In Re DVI, Inc. Securities Litigation
639 F.3d 623
| 3rd Cir. | 2011Background
- Investors in Diagnostic Ventures, Inc. (DVI) allege violations of §10(b) and Rule 10b-5 against multiple defendants, including Deloitte and Clifford Chance.
- DVI was a healthcare finance company whose bankruptcy in 2003 followed disclosures of alleged collateral and accounting irregularities.
- The district court certified a Rule 23(b)(3) class for all defendants except Clifford Chance, relying on the fraud-on-the-market presumption of reliance.
- The court weighed market efficiency factors for DVI stock and its 1997/1998 Notes, finding both markets efficient through event-study evidence.
- Deloitte challenges the market-efficiency finding and argues loss causation must be proved at class certification; Clifford Chance appeals denial of class certification for scheme liability.

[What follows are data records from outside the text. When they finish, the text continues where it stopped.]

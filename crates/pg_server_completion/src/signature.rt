//! The form whose parentheses are open around a place.

use crate::lines::{Line, form_line};
use crate::spot::spot_before;
use pg_file_items::Span;
use pg_file_tokens::{Lexeme, Mark, Token};
use pg_server_names::tokens;
use std::alloc::{AllocError, Global};

/// How a form is written, and which of its parts is being written.
#[derive(Drop)]
pub struct Signature {
    pub line: Line,
    /// The bytes of each part in `line.written`, which is ASCII.
    pub parts: Vec<Span>,
    /// The number of the part that the place is in. A place behind the last part is in it, if it can be repeated; else this is the number of parts.
    pub active: usize,
}

/// The innermost form around a place whose parentheses are open, inside a literal too (ours); `None` outside of all. Fails where memory runs out.
pub fn signature_at(
    alloc: Global,
    text: &[char],
    place: usize,
) -> Result<Option<Signature>, AllocError> {
    let lexemes = tokens(alloc, text)?;
    let around = form_around(alloc, lexemes.as_slice(), place)?;
    match around {
        Some((line, argument)) => some_signature(alloc, line, argument),
        None => Ok(None),
    }
}

/// How the form around a place is written, and the number of the argument there.
fn form_around(
    alloc: Global,
    lexemes: &[Lexeme],
    place: usize,
) -> Result<Option<(Line, usize)>, AllocError> {
    let spot = spot_before(alloc, lexemes, place, place)?;
    let group = spot.surroundings.innermost();
    match group.form {
        Some(form) => {
            let line = form_line(form, has_symbol(lexemes, spot.count));
            Ok(Some((line, group.argument)))
        }
        None => Ok(None),
    }
}

/// Whether the second argument in the innermost parentheses that are open behind the first tokens is a literal.
fn has_symbol(lexemes: &[Lexeme], count: usize) -> bool {
    let Some(open) = open_before(lexemes, count) else {
        return false;
    };
    match lexemes.get(open..) {
        Some([_, builder, comma, symbol, ..]) => {
            matches!(builder.token, Token::Name(_))
                && comma.token.is_mark(Mark::Comma)
                && matches!(symbol.token, Token::Literal(_) | Token::WrongLiteral)
        }
        Some(_) | None => false,
    }
}

/// The number of the innermost opening parenthesis that isn't closed among the first tokens.
fn open_before(lexemes: &[Lexeme], count: usize) -> Option<usize> {
    let mut closed: usize = 0;
    let mut number = count;
    let before = lexemes.get(..count)?;
    for lexeme in before.iter().rev() {
        number = number.saturating_sub(1);
        if lexeme.token.is_mark(Mark::Close) {
            closed = closed.saturating_add(1);
        } else if lexeme.token.is_mark(Mark::Open) {
            if closed == 0 {
                return Some(number);
            }
            closed -= 1;
        }
    }
    None
}

fn some_signature(
    alloc: Global,
    line: Line,
    argument: usize,
) -> Result<Option<Signature>, AllocError> {
    let parts = parts_of(alloc, line.written)?;
    let active = active(line.written, parts.len(), argument);
    Ok(Some(Signature {
        line,
        parts,
        active,
    }))
}

/// The part that an argument is: the last one for each further argument, if what is written says that there may be more.
fn active(written: &str, count: usize, argument: usize) -> usize {
    if written.contains("..") {
        argument.min(count.saturating_sub(1))
    } else {
        argument.min(count)
    }
}

/// The bytes of the parts between the parentheses, which commas separate.
fn parts_of(alloc: Global, written: &str) -> Result<Vec<Span>, AllocError> {
    let mut parts = Vec::new(alloc);
    let mut first: usize = 0;
    for (place, byte) in written.as_bytes().iter().enumerate() {
        match *byte {
            b'(' => first = place.saturating_add(1),
            b',' | b')' => {
                parts.push(Span {
                    first,
                    after: place,
                })?;
                first = place.saturating_add(2);
            }
            _ => {}
        }
    }
    Ok(parts)
}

- The Third Circuit affirms the district court’s rulings on predominance and loss causation framework, and ultimately affirms denial of class certification as to Clifford Chance.
Issues
| Issue | Plaintiff's Argument | Defendant's Argument | Held |
|---|---|---|---|
| Predominance satisfied for fraud-on-the-market claim? | Lead plaintiffs rely on fraud-on-the-market presumption for common proof. | Predominance fails due to lack of common reliance after rebuttals. | Predominance satisfied for Deloitte; rebuttals insufficient to defeat class since market efficiency established. |
| Can rebuttal evidence defeat the fraud-on-the-market presumption at certification? | Presumption should survive unless market impact is shown. | Defendant can defeat reliance with lack of market impact. | Rebuttal showing no market impact can defeat the presumption and cure predominance for the class. |
| Whether Clifford Chance may be certified under §10(b) scheme liability? | Clifford Chance participated in a scheme so liable under 10(b). | Public attribution to Clifford Chance lacking; no reliance propagated to investors. | No class certification against Clifford Chance; attribution requirement not met; remoteness precludes reliance-based class action. |
| Loss causation required at class certification stage? | Loss causation not prerequisite to invoking presumption of reliance. | Loss causation must be established for class before reliance presumed. | Loss causation need not be proven at certification to invoke fraud-on-the-market; rebuttal focused on market impact. |
Key Cases Cited
- Basic Inc. v. Levinson, 485 U.S. 224 (Supreme Court, 1988) (fraud-on-the-market presumption source; market-price reliance)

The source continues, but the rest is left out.